Black Agenda Report
Black Agenda Report
News, commentary and analysis from the black left.

  • Home
  • Africa
  • African America
  • Education
  • Environment
  • International
  • Media and Culture
  • Political Economy
  • Radio
  • US Politics
  • War and Empire

Water War Against the Poor: Flint and the Crimes of Capital
Mumia Abu Jamal
10 Feb 2016
🖨️ Print Article

by Mumia Abu-Jamal 

The adage that there are different systems of justice for rich and poor, Black and white, is horrifically confirmed in Flint, Michigan, where the white supremacist, capitalist state poisoned a majority Black and poor population. Yet, in U.S. society there is no punishment to fit such a crime. “In Michigan’s prisons, there ain’t a single prisoner who committed a more vicious crime than the Governor of that state.”

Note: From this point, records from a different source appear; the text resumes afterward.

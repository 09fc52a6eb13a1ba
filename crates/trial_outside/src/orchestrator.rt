//! The orchestrator of a trial, in memory: it grants whatever it is asked for.
ghost use Rattle.std.specs.Prelude.{◌≡◌, IfOk, length};
ghost use Rattle.site_traits.specs.Peers.{Asks, CallCause, Polls};
ghost use Rattle.grant_desk.specs.GrantAll.{state_of as told};
ghost use Rattle.trial_outside.specs.Granted.{GrantsAll, GrantsAll-prop};

use grant_desk::GrantAll;
use site_traits::{Call, Heard, Orchestrator};
use std::alloc::{AllocError, Global};
use vnfm_base::Line;

/// The orchestrator of a trial, in memory, which tells all: it grants whatever it is asked for, as `GrantAll` does, and
/// each of its answers is the one that is given to what was asked.
///
/// Source: own rule.
pub struct TrialOrchestrator {
    inner: GrantAll,
    pub ghost granted: { GrantsAll (told inner) } by { GrantsAll-prop (told inner) },
}

impl Drop for TrialOrchestrator {
    // Written out, so that the proof of a caller calls it and doesn't take the value apart at each of its ends.
    fn drop(self) {
        let TrialOrchestrator { inner: _ } = self;
    }
}

impl TrialOrchestrator {
    ghost use Rattle.trial_outside.specs.TrialOrchestrator.{IsFreshOrchestrator, counts_of, state_of};

    /// An orchestrator that was never called. It takes all the room of its record.
    pub fn new(alloc: Global) -> Result<TrialOrchestrator, AllocError>
        ensures { IfOk result IsFreshOrchestrator }
    {
        Ok(TrialOrchestrator {
            inner: GrantAll::new(alloc)?,
        })
    }

    /// How many grant requests were answered.
    pub fn asked(&self) -> usize
        ensures { result ≡ length (state_of self.now).asked }
    {
        self.inner.asked()
    }

    /// How many calls failed.
    pub fn faults(&self) -> u64
        ensures { result ≡ (counts_of self.now).faults }
    {
        self.inner.faults()
    }
}

impl Orchestrator for TrialOrchestrator {
    ghost use Rattle.trial_outside.specs.TrialOrchestrator.{counts_of, state_of};

    ghost tells = { Unit {0} };

    ghost state = { state_of };

    ghost counts = { counts_of };

    fn ask(&mut self, body: &[u8], heard: &mut Heard) -> Call
        ensures told { Asks body.now heard.new result (state_of self.old) (state_of self.new) }
        ensures cause { CallCause result (counts_of self.old) (counts_of self.new) }
    {
        self.inner.ask(body, heard)
    }

    fn poll(&mut self, location: &Line, heard: &mut Heard) -> Call
        ensures told { Polls location.now heard.new result (state_of self.old) (state_of self.new) }
        ensures cause { CallCause result (counts_of self.old) (counts_of self.new) }
    {
        self.inner.poll(location, heard)
    }
}

#[cfg(test)]
mod tests {
    use super::*;
    use std::test::Fail;

    #[test]
    fn a_request_is_granted(rt: HostRuntime) -> Result<(), Fail> {
        let mut orchestrator = TrialOrchestrator::new(rt.alloc())?;
        let mut heard = Heard::new(rt.alloc())?;
        let answer = orchestrator.ask(br#"{"addResources":[{"id":"0"}]}"#, &mut heard);
        assert!(rt; answer == Call::Came);
        assert_eq!(rt; heard.status(), 201);
        assert_eq!(rt; orchestrator.asked(), 1);
        assert_eq!(rt; orchestrator.faults(), 0);
        Ok(())
    }
}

Water War Against the Poor: Flint and the Crimes of Capital

by Mumia Abu-Jamal 

This article previously appeared in Counterpunch.

“The state’s emergency manager created an emergency.”

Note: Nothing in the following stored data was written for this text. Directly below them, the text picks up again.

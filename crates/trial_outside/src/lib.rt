//! The outside of a trial: a site and an orchestrator in memory, each with what is always so of its answers.
#![tactic(auto)]

mod orchestrator;
mod plans;
mod site;

pub use orchestrator::TrialOrchestrator;
pub use plans::{BEGINS, FILE_BYTES};
pub use site::TrialSite;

If ever one wondered about the efficacy of a state government agency imposing officials on local governments, Flint has answered that question forever.

In April, 2014, the state-appointed emergency manager, in order to save money, ordered that the city’s water source be changed from Lake Huron to the notoriously polluted Flint River.

The switch unleashed a citywide disaster of disease, destruction, and death. Flint was a toxic river, rich in lead, a major pollutant that has devastating effects on brain development, speech and I.Q. levels in children. As soon as it was pumped into municipal water systems, the corrosive waters leached lead from the old pipes, and sped it to some 90,000 homes into the city.

Flint is now a poisoned city, because of its toxic water.

It also illustrates how officials from afar can cause a catastrophe at home. Now, tens of thousands of children who drank the water, and were bathed in the water, may suffer life-long problems – skin diseases, cognitive impairments, speech deficits and more.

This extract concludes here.